**Problem to work on**
Every line containing "base" should be copied out. Go through the entries and find them.

**Data in this exercise**

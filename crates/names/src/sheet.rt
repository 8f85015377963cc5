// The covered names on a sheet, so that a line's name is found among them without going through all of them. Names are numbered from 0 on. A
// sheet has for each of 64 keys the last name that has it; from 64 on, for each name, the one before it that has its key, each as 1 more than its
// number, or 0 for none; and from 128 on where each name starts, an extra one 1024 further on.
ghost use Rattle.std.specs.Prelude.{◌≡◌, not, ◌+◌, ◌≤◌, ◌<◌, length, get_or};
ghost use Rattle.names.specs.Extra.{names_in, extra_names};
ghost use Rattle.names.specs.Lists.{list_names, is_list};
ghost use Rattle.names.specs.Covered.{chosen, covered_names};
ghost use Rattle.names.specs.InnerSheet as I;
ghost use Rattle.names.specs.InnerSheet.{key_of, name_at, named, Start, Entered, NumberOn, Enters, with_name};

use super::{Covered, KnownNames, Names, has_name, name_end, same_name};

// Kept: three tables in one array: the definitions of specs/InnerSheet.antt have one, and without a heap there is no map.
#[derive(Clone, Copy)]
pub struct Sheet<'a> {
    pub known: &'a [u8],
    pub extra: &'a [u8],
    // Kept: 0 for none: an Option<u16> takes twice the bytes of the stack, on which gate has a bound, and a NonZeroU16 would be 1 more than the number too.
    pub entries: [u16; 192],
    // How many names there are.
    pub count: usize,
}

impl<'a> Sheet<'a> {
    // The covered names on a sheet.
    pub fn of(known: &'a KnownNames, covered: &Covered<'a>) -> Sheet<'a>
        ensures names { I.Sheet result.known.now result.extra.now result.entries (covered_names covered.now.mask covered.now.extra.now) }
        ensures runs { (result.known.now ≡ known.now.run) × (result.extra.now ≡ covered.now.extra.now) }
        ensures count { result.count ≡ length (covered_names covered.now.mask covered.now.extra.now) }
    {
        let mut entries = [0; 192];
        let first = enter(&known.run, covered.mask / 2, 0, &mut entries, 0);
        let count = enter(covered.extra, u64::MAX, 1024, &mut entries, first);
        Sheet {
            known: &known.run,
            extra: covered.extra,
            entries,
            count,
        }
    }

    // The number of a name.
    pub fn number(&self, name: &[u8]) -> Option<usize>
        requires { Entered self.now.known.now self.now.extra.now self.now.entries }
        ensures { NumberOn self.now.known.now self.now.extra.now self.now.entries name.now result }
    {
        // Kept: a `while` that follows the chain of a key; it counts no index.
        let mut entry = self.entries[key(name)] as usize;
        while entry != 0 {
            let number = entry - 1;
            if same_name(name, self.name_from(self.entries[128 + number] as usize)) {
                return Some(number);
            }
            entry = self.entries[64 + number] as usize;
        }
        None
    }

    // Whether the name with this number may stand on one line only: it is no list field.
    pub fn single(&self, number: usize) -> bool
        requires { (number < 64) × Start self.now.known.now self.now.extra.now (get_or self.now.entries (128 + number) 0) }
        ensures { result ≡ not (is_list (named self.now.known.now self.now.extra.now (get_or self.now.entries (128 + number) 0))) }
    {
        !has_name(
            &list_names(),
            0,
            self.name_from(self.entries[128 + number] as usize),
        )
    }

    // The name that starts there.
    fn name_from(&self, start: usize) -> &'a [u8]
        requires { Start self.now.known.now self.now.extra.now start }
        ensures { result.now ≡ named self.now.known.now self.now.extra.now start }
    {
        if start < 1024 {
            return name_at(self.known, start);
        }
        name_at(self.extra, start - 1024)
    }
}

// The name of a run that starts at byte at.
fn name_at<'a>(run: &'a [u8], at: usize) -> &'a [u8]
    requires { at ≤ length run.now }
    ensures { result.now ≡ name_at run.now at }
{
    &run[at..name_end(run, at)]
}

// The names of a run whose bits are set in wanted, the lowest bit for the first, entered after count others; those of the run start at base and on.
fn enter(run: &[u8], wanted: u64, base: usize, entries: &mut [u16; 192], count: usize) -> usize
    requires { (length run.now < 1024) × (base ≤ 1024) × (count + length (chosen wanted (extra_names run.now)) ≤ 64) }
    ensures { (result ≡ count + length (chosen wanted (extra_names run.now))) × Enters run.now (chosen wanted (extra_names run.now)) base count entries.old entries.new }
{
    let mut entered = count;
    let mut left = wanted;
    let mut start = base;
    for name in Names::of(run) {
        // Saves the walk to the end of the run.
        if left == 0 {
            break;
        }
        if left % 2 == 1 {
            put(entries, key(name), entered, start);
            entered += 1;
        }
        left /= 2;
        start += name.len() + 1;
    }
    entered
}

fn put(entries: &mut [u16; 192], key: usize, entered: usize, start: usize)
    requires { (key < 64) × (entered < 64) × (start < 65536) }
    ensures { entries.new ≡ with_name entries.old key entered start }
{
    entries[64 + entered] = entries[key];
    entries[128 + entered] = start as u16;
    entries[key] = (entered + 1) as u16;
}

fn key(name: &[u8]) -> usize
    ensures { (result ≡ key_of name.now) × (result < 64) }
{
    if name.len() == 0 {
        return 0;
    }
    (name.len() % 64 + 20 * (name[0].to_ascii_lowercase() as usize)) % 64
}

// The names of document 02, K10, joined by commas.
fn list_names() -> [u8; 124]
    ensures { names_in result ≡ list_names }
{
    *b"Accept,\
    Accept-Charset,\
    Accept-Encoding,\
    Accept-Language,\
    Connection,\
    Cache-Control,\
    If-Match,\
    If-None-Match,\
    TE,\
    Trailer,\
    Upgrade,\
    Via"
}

**Solution for this task**
// The names of a run whose bits are set in wanted, the lowest bit for the first, entered after count others; those of the run start at base and on.
fn enter(run: &[u8], wanted: u64, base: usize, entries: &mut [u16; 192], count: usize) -> usize
    requires { (length run.now < 1024) × (base ≤ 1024) × (count + length (chosen wanted (extra_names run.now)) ≤ 64) }
    ensures { (result ≡ count + length (chosen wanted (extra_names run.now))) × Enters run.now (chosen wanted (extra_names run.now)) base count entries.old entries.new }
    let mut start = base;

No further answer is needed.